↓

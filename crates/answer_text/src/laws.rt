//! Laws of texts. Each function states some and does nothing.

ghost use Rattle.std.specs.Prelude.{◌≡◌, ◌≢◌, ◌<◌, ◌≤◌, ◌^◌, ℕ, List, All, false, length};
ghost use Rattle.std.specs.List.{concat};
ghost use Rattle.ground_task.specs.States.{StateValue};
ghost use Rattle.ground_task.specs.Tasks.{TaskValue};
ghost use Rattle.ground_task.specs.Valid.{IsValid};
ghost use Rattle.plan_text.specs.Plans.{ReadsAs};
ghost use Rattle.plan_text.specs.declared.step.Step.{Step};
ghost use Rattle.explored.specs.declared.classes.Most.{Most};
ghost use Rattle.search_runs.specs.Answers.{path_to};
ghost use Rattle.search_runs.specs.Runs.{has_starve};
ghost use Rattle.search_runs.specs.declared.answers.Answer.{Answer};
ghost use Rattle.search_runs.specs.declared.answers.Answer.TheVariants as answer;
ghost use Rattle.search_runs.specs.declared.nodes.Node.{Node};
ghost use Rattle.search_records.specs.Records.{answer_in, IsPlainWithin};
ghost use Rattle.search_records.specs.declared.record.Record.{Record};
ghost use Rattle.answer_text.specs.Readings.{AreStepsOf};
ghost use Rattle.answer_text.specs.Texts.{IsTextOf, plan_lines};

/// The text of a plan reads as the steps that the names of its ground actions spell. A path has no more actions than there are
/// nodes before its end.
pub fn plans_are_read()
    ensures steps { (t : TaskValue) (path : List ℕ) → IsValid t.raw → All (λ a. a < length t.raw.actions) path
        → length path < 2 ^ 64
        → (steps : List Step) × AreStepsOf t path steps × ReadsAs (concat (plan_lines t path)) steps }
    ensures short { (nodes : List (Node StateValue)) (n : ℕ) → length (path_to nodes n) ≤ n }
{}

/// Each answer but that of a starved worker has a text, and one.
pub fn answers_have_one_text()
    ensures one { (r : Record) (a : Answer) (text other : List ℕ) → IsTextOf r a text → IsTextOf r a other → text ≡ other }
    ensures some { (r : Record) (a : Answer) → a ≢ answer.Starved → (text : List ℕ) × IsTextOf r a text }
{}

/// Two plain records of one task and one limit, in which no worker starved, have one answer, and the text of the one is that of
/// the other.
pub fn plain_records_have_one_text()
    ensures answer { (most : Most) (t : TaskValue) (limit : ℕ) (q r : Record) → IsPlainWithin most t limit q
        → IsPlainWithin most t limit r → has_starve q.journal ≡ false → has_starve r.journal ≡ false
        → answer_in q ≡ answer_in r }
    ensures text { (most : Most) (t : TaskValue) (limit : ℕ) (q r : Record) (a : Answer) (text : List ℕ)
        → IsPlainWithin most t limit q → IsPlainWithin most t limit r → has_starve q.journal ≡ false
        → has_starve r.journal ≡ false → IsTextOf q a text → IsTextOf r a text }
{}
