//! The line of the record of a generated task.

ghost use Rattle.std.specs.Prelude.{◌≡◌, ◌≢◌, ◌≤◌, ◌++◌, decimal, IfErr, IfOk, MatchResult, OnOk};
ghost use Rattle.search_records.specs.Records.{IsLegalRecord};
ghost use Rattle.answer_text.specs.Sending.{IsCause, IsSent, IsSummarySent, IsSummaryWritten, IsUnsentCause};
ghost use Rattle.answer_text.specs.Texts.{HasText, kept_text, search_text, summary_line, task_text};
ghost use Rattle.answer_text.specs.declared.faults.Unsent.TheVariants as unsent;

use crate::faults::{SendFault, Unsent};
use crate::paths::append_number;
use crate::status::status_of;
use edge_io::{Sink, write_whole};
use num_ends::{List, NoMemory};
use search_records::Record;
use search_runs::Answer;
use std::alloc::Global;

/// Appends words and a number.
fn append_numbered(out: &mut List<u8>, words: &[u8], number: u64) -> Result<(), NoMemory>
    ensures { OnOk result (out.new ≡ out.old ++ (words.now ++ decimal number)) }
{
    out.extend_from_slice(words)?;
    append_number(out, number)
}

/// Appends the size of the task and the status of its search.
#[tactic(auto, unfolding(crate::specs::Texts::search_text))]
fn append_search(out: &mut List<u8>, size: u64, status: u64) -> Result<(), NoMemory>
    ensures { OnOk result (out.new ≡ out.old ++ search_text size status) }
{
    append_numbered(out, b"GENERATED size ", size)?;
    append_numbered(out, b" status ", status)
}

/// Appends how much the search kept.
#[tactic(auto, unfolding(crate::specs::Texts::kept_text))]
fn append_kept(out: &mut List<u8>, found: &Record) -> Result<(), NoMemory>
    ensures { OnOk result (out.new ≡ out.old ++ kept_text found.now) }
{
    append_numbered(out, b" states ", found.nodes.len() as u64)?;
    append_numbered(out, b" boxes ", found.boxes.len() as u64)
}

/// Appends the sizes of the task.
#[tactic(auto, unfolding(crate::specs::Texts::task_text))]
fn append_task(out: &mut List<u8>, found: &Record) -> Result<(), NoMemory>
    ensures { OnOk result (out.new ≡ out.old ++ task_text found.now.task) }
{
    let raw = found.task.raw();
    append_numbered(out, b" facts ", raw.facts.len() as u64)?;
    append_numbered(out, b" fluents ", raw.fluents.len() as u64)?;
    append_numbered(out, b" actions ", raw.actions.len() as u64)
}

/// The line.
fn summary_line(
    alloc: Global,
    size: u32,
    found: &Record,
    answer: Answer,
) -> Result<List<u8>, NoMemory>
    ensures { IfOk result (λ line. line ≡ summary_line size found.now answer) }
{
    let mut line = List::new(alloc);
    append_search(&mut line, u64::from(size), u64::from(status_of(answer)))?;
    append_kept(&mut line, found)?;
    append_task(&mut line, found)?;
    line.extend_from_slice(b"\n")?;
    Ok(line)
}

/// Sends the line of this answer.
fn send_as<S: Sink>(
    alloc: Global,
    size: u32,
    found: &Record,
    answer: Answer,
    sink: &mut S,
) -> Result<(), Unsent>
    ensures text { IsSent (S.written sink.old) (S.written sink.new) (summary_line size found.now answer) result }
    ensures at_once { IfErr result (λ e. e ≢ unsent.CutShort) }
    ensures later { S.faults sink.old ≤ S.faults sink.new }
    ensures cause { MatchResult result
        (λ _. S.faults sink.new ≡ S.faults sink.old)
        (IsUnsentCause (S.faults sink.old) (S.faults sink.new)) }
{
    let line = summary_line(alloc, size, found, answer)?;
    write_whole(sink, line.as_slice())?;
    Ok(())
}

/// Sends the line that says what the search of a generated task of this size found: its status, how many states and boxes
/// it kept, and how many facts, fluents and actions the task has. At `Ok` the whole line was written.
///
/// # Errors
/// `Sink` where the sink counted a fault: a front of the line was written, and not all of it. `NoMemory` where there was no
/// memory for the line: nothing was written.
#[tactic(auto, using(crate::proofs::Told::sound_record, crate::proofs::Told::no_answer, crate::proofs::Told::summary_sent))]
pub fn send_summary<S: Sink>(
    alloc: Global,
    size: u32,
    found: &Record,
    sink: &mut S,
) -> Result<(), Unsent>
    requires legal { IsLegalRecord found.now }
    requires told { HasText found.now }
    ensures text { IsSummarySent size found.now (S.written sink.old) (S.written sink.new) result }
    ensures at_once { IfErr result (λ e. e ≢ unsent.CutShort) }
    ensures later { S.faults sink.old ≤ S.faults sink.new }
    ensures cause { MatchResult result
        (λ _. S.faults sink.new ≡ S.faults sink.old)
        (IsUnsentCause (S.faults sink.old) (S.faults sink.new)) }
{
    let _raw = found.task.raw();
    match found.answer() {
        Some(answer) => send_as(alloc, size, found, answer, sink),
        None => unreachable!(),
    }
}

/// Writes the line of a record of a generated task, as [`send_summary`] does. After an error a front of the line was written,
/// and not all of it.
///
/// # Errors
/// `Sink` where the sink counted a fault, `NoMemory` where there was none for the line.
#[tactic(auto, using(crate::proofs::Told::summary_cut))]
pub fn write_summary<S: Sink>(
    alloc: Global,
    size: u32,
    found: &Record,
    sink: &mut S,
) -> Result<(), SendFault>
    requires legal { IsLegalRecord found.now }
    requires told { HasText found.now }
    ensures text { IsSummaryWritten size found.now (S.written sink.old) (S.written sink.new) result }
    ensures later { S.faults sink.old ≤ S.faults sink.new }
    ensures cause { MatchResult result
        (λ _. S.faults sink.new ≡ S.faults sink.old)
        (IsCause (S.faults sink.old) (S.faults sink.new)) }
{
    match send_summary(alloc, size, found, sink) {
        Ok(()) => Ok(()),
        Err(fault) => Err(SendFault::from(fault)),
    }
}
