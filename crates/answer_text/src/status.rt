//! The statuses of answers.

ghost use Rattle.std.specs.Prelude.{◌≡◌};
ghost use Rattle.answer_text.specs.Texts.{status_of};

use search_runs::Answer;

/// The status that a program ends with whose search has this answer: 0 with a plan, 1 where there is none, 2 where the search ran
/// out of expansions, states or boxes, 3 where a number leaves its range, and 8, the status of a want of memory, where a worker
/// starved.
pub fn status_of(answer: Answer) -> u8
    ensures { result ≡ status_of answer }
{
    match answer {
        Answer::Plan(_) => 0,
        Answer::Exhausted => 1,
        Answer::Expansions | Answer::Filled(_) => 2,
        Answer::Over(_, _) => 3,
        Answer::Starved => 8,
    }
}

↑

**Directions for this task:**
Starting at the line with "the search kept." and ending at the line with "fn append_task(out: &mut", print each line of the listing above exactly, with no other lines.

**Result of the task:**
/// Appends how much the search kept.
#[tactic(auto, unfolding(crate::specs::Texts::kept_text))]
fn append_kept(out: &mut List<u8>, found: &Record) -> Result<(), NoMemory>
    ensures { OnOk result (out.new ≡ out.old ++ kept_text found.now) }
{
    append_numbered(out, b" states ", found.nodes.len() as u64)?;
    append_numbered(out, b" boxes ", found.boxes.len() as u64)
}

/// Appends the sizes of the task.
#[tactic(auto, unfolding(crate::specs::Texts::task_text))]
fn append_task(out: &mut List<u8>, found: &Record) -> Result<(), NoMemory>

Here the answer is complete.